“啊,不要,不要打了……不要打然然的屁股,求你了,呜……”
那个正不停落下大掌的男人沉声道:
“知道痛了?以后乖不乖?”
“乖,呜呜……然然一定听话。”
“那你说说要怎么听话?”
“然然,然然给你生宝宝……”
“还有呢?”
“天天给你肏,肏然然的小骚屄……弄大然然的肚子,要,要灌好多精液进去,呜呜……大坏蛋,呜呜呜……”

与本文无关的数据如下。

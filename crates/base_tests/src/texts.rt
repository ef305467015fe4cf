//! Two grid texts with their cells, and checks of cells and numbers, for several test modules.
ghost use Rattle.std.specs.Prelude.{◌≡◌, ◌≤◌, IsTrue};

use ascii_grid::{Cell, Grid, Height, read_text};
use std::alloc::Global;
use std::process::Abort;

/// A text of 2 by 2 cells at scale 2, with CR LF, an exponent and NODATA.
pub const LENIENT: &[u8] =
    b"ncols         2\r\nnrows         2\r\nxllcenter     100.5\r\nyllcorner     -2E1\r\ncellsize      30.0\r\nNODATA_value  -3.40282346638528860e+38\r\n 12.50 -0.5\r\n -3.40282346638528860e+38 7\r\n";

/// The cells of [`LENIENT`].
pub const LENIENT_CELLS: [Option<Height>; 4] = [Some(1250), Some(-50), None, Some(700)];

/// A text of 3 by 3 cells: 9 around a 1.
pub const PIT: &[u8] = b"ncols 3 nrows 3 xllcorner 0 yllcorner 0 cellsize 1 9 9 9 9 1 9 9 9 9";

/// The cells of [`PIT`].
pub const PIT_CELLS: [Option<Height>; 9] = [
    Some(9),
    Some(9),
    Some(9),
    Some(9),
    Some(1),
    Some(9),
    Some(9),
    Some(9),
    Some(9),
];

/// Returns whether the cells have these heights, `None` for NODATA.
pub(crate) fn have_heights(cells: &[Cell], heights: &[Option<Height>]) -> bool
    ensures { IsTrue result → cells.now ≡ heights.now }
{
    if cells.len() != heights.len() {
        return false;
    }
    for index in 0..cells.len() {
        if cells[index].height() != heights[index] {
            return false;
        }
    }
    true
}

/// Returns the grid of a text, and asserts that it has these cells.
pub(crate) fn grid_of(
    rt: &impl Abort,
    alloc: Global,
    scale: u8,
    text: &[u8],
    cells: &[Option<Height>],
) -> Grid
    requires { scale ≤ 6 }
    ensures { result.terrain.cells ≡ cells.now }
{
    let grid = read_text(alloc, scale, text).expect(rt, "the text is a grid");
    assert!(rt; have_heights(grid.cells(), cells), "other cells");
    grid
}

pub(crate) fn expect_cells(rt: &impl Abort, found: &[Cell], wanted: &[Option<Height>]) {
    assert!(rt; have_heights(found, wanted), "{found:?} and {wanted:?}");
}

pub(crate) fn expect_numbers(rt: &impl Abort, found: &[u32], wanted: &[u32]) {
    assert_eq!(rt; found, wanted);
}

“还骂我是坏蛋,嗯?看来然然不仅屁股要挨打,这两只大奶子也要尝尝巴掌的滋味。”
说着,他做势便要把手掌落下来,美人儿被吓得眼泪汪汪的,两只圆鼓鼓的奶儿在胸前轻荡,连忙捂住自己的奶乳,小嘴里哼哼唧唧:
“呜,你又欺负我……我,我,然然的小屄都给你肏肿了……”
“我瞧瞧,看是不是肿了。”
说着便又是一阵直挠人心的呻吟,少女似乎被按在了浴池旁的软榻上。雨燕随即便听到啧啧啧的响亮舔吮声,那声音淫靡清晰,袅袅不绝,只是站在原地,她就感觉自己连腿都软了。
她不敢再听,涨红着一张脸落荒而逃,自然不可能出声提醒大君晚膳时间已到,好打断他的美事。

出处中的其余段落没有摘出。